◆ Task instructions
Take the listing and print it in full, exactly as given.
------
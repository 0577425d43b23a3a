// Piles of sources, of the library's makes and of others.
use crate::{Cached, Constant, Questions, Recorder, ask_each};
use calendar::Stamp;
use market::PriceList;
use std::test::Fail;
use tariffs::{LowerOf, PriceSource, SourceFault, ZoneTariff};

// A price, or the cause and the depth of a fault, in short: the tables have many.
type Answer = Result<u32, (u8, u8)>;

fn shown(answer: Result<u32, SourceFault>) -> Answer {
    answer.map_err(|fault| (fault.cause, fault.depth))
}

#[derive(Clone, Copy, Debug)]
struct NoSuchAnswer;

// The source that always gives such an answer.
fn always(answer: Answer) -> Result<Constant, NoSuchAnswer> {
    let answer = answer.map_err(|(cause, depth)| SourceFault { cause, depth });
    Constant::new(answer).ok_or(NoSuchAnswer)
}

// what may be a constant
const ALLOWED: [(Answer, bool); 7] = [
    (Ok(150_000_000), true),
    (Ok(150_000_001), false),
    (Ok(u32::MAX), false),
    (Err((1, 0)), true),
    (Err((255, 15)), true),
    (Err((255, 16)), false),
    (Err((1, 255)), false),
];

#[test]
fn a_constant_answers_what_a_source_may(rt: HostRuntime) -> Result<(), Fail> {
    let at = Stamp::new(2026, 1, 1, 0)?;
    for (answer, allowed) in ALLOWED {
        let constant = always(answer);
        assert_eq!(rt; constant.is_ok(), allowed);
        if let Ok(constant) = constant {
            let mut source = constant;
            assert_eq!(rt; shown(source.price(at)), answer);
        }
    }
    Ok(assert!(rt; always(Err((0, 0))).is_err()))
}

// first, second, the lower of both, and that through one lower-of more
const PAIRS: [(Answer, Answer, Answer, Answer); 11] = [
    (Ok(5), Ok(7), Ok(5), Ok(5)),
    (Ok(7), Ok(5), Ok(5), Ok(5)),
    (Ok(6), Ok(6), Ok(6), Ok(6)),
    (Ok(0), Ok(150_000_000), Ok(0), Ok(0)),
    // both faulty: the first's
    (Err((9, 2)), Err((8, 5)), Err((9, 3)), Err((9, 4))),
    // one faulty: that one's, and no price
    (Err((9, 0)), Ok(5), Err((9, 1)), Err((9, 2))),
    (Ok(5), Err((8, 3)), Err((8, 4)), Err((8, 5))),
    // the depth rises to 15 and stays
    (Err((255, 13)), Ok(5), Err((255, 14)), Err((255, 15))),
    (Err((1, 14)), Ok(5), Err((1, 15)), Err((1, 15))),
    (Err((1, 15)), Ok(5), Err((1, 15)), Err((1, 15))),
    (Ok(5), Err((1, 15)), Err((1, 15)), Err((1, 15))),
];

#[test]
fn the_lower_of_two(rt: HostRuntime) -> Result<(), Fail> {
    let at = Stamp::new(2026, 1, 1, 0)?;
    let dear = always(Ok(150_000_000))?;
    for (first, second, once, twice) in PAIRS {
        let (first, second) = (always(first)?, always(second)?);
        let mut lower = LowerOf { first, second };
        assert_eq!(rt; shown(lower.price(at)), once);
        // a pile, on either side
        let mut pile = LowerOf {
            first: LowerOf { first, second },
            second: dear,
        };
        assert_eq!(rt; shown(pile.price(at)), twice);
        let mut pile = LowerOf {
            first: dear,
            second: LowerOf { first, second },
        };
        assert_eq!(rt; shown(pile.price(at)), twice);
    }
    Ok(())
}

// the four sources of a pile three deep, the first at the bottom, and the answer
const PILES: [([Answer; 4], Answer); 5] = [
    ([Ok(4), Ok(3), Ok(2), Ok(9)], Ok(2)),
    ([Err((7, 0)), Ok(3), Ok(2), Ok(9)], Err((7, 3))),
    ([Ok(4), Err((6, 0)), Ok(2), Ok(9)], Err((6, 3))),
    ([Ok(4), Ok(3), Err((5, 0)), Err((9, 9))], Err((5, 2))),
    ([Ok(4), Ok(3), Ok(2), Err((4, 0))], Err((4, 1))),
];

#[test]
fn a_pile_three_deep(rt: HostRuntime) -> Result<(), Fail> {
    let at = Stamp::new(2026, 1, 1, 0)?;
    for ([a, b, c, d], answer) in PILES {
        let (a, b, c, d) = (always(a)?, always(b)?, always(c)?, always(d)?);
        let mut pile = LowerOf {
            first: LowerOf {
                first: LowerOf {
                    first: a,
                    second: b,
                },
                second: c,
            },
            second: d,
        };
        assert_eq!(rt; shown(pile.price(at)), answer);
    }
    Ok(())
}

// day and hour of January 2026 in the order of asking, the answer, and whether the second source is asked
const QUESTIONS: [(u8, u8, Answer, bool); 7] = [
    (1, 8, Ok(5_000_000), true),
    (1, 8, Ok(5_000_000), true),
    (1, 6, Ok(1_728_000), true),
    (2, 0, Err((2, 1)), false),
    (2, 0, Err((2, 1)), false),
    (2, 1, Ok(1_728_000), true),
    (1, 8, Ok(5_000_000), true),
];

#[test]
fn a_cache_and_recorders_through_a_lower_of(rt: HostRuntime) -> Result<(), Fail> {
    let mut prices = [5_000_000u32; 744];
    // the mark of a missing price, as the format writes it
    prices[24] = 0xffff_ffff;
    let list = PriceList {
        year: 2026,
        month: 1,
        prices: &prices,
    };
    let checked = list.check()?;
    let tariff = ZoneTariff::new(3, 432_000)?;
    let mut lower = LowerOf {
        first: Recorder {
            source: Cached::new(checked.table()),
            questions: Questions::none(rt.alloc()),
        },
        second: Recorder {
            source: tariff,
            questions: Questions::none(rt.alloc()),
        },
    };
    let mut first = Vec::new(rt.alloc());
    let mut second = Vec::new(rt.alloc());
    for (day, hour, _, both) in QUESTIONS {
        let at = Stamp::new(2026, 1, day, hour)?;
        first.push(at)?;
        if both {
            second.push(at)?;
        }
    }
    let answers = ask_each(rt.alloc(), &mut lower, first.as_slice())?;
    assert_eq!(rt; answers.len(), QUESTIONS.len());
    for (answer, (_, _, expected, _)) in answers.iter().zip(QUESTIONS.iter()) {
        assert_eq!(rt; shown(*answer), *expected);
    }
    let LowerOf {
        first: table,
        second: tariff,
    } = lower;
    assert!(rt; table.questions.all()? == first.as_slice());
    assert!(rt; tariff.questions.all()? == second.as_slice());
    Ok(())
}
------
◆ Task answer
repository 0577425d43b23a3a
// Piles of sources, of the library's makes and of others.
use crate::{Cached, Constant, Questions, Recorder, ask_each};
use calendar::Stamp;
use market::PriceList;
use std::test::Fail;
use tariffs::{LowerOf, PriceSource, SourceFault, ZoneTariff};

// A price, or the cause and the depth of a fault, in short: the tables have many.
type Answer = Result<u32, (u8, u8)>;

fn shown(answer: Result<u32, SourceFault>) -> Answer {
    answer.map_err(|fault| (fault.cause, fault.depth))
}

#[derive(Clone, Copy, Debug)]
struct NoSuchAnswer;

// The source that always gives such an answer.
fn always(answer: Answer) -> Result<Constant, NoSuchAnswer> {
    let answer = answer.map_err(|(cause, depth)| SourceFault { cause, depth });
    Constant::new(answer).ok_or(NoSuchAnswer)
}

// what may be a constant
const ALLOWED: [(Answer, bool); 7] = [
    (Ok(150_000_000), true),
    (Ok(150_000_001), false),
    (Ok(u32::MAX), false),
    (Err((1, 0)), true),
    (Err((255, 15)), true),
    (Err((255, 16)), false),
    (Err((1, 255)), false),
];

#[test]
fn a_constant_answers_what_a_source_may(rt: HostRuntime) -> Result<(), Fail> {
    let at = Stamp::new(2026, 1, 1, 0)?;
    for (answer, allowed) in ALLOWED {
        let constant = always(answer);
        assert_eq!(rt; constant.is_ok(), allowed);
        if let Ok(constant) = constant {
            let mut source = constant;
            assert_eq!(rt; shown(source.price(at)), answer);
        }
    }
    Ok(assert!(rt; always(Err((0, 0))).is_err()))
}

// first, second, the lower of both, and that through one lower-of more
const PAIRS: [(Answer, Answer, Answer, Answer); 11] = [
    (Ok(5), Ok(7), Ok(5), Ok(5)),
    (Ok(7), Ok(5), Ok(5), Ok(5)),
    (Ok(6), Ok(6), Ok(6), Ok(6)),
    (Ok(0), Ok(150_000_000), Ok(0), Ok(0)),
    // both faulty: the first's
    (Err((9, 2)), Err((8, 5)), Err((9, 3)), Err((9, 4))),
    // one faulty: that one's, and no price
    (Err((9, 0)), Ok(5), Err((9, 1)), Err((9, 2))),
    (Ok(5), Err((8, 3)), Err((8, 4)), Err((8, 5))),
    // the depth rises to 15 and stays
    (Err((255, 13)), Ok(5), Err((255, 14)), Err((255, 15))),
    (Err((1, 14)), Ok(5), Err((1, 15)), Err((1, 15))),
    (Err((1, 15)), Ok(5), Err((1, 15)), Err((1, 15))),
    (Ok(5), Err((1, 15)), Err((1, 15)), Err((1, 15))),
];

#[test]
fn the_lower_of_two(rt: HostRuntime) -> Result<(), Fail> {
    let at = Stamp::new(2026, 1, 1, 0)?;
    let dear = always(Ok(150_000_000))?;
    for (first, second, once, twice) in PAIRS {
        let (first, second) = (always(first)?, always(second)?);
        let mut lower = LowerOf { first, second };
        assert_eq!(rt; shown(lower.price(at)), once);
        // a pile, on either side
        let mut pile = LowerOf {
            first: LowerOf { first, second },
            second: dear,
        };
        assert_eq!(rt; shown(pile.price(at)), twice);
        let mut pile = LowerOf {
            first: dear,
            second: LowerOf { first, second },
        };
        assert_eq!(rt; shown(pile.price(at)), twice);
    }
    Ok(())
}

// the four sources of a pile three deep, the first at the bottom, and the answer
const PILES: [([Answer; 4], Answer); 5] = [
    ([Ok(4), Ok(3), Ok(2), Ok(9)], Ok(2)),
    ([Err((7, 0)), Ok(3), Ok(2), Ok(9)], Err((7, 3))),
    ([Ok(4), Err((6, 0)), Ok(2), Ok(9)], Err((6, 3))),
    ([Ok(4), Ok(3), Err((5, 0)), Err((9, 9))], Err((5, 2))),
    ([Ok(4), Ok(3), Ok(2), Err((4, 0))], Err((4, 1))),
];

#[test]
fn a_pile_three_deep(rt: HostRuntime) -> Result<(), Fail> {
    let at = Stamp::new(2026, 1, 1, 0)?;
    for ([a, b, c, d], answer) in PILES {
        let (a, b, c, d) = (always(a)?, always(b)?, always(c)?, always(d)?);
        let mut pile = LowerOf {
            first: LowerOf {
                first: LowerOf {
                    first: a,
                    second: b,
                },
                second: c,
            },
            second: d,
        };
        assert_eq!(rt; shown(pile.price(at)), answer);
    }
    Ok(())
}

// day and hour of January 2026 in the order of asking, the answer, and whether the second source is asked
const QUESTIONS: [(u8, u8, Answer, bool); 7] = [
    (1, 8, Ok(5_000_000), true),
    (1, 8, Ok(5_000_000), true),
    (1, 6, Ok(1_728_000), true),
    (2, 0, Err((2, 1)), false),
    (2, 0, Err((2, 1)), false),
    (2, 1, Ok(1_728_000), true),
    (1, 8, Ok(5_000_000), true),
];

#[test]
fn a_cache_and_recorders_through_a_lower_of(rt: HostRuntime) -> Result<(), Fail> {
    let mut prices = [5_000_000u32; 744];
    // the mark of a missing price, as the format writes it
    prices[24] = 0xffff_ffff;
    let list = PriceList {
        year: 2026,
        month: 1,
        prices: &prices,
    };
    let checked = list.check()?;
    let tariff = ZoneTariff::new(3, 432_000)?;
    let mut lower = LowerOf {
        first: Recorder {
            source: Cached::new(checked.table()),
            questions: Questions::none(rt.alloc()),
        },
        second: Recorder {
            source: tariff,
            questions: Questions::none(rt.alloc()),
        },
    };
    let mut first = Vec::new(rt.alloc());
    let mut second = Vec::new(rt.alloc());
    for (day, hour, _, both) in QUESTIONS {
        let at = Stamp::new(2026, 1, day, hour)?;
        first.push(at)?;
        if both {
            second.push(at)?;
        }
    }
    let answers = ask_each(rt.alloc(), &mut lower, first.as_slice())?;
    assert_eq!(rt; answers.len(), QUESTIONS.len());
    for (answer, (_, _, expected, _)) in answers.iter().zip(QUESTIONS.iter()) {
        assert_eq!(rt; shown(*answer), *expected);
    }
    let LowerOf {
        first: table,
        second: tariff,
    } = lower;
    assert!(rt; table.questions.all()? == first.as_slice());
    assert!(rt; tariff.questions.all()? == second.as_slice());
    Ok(())
}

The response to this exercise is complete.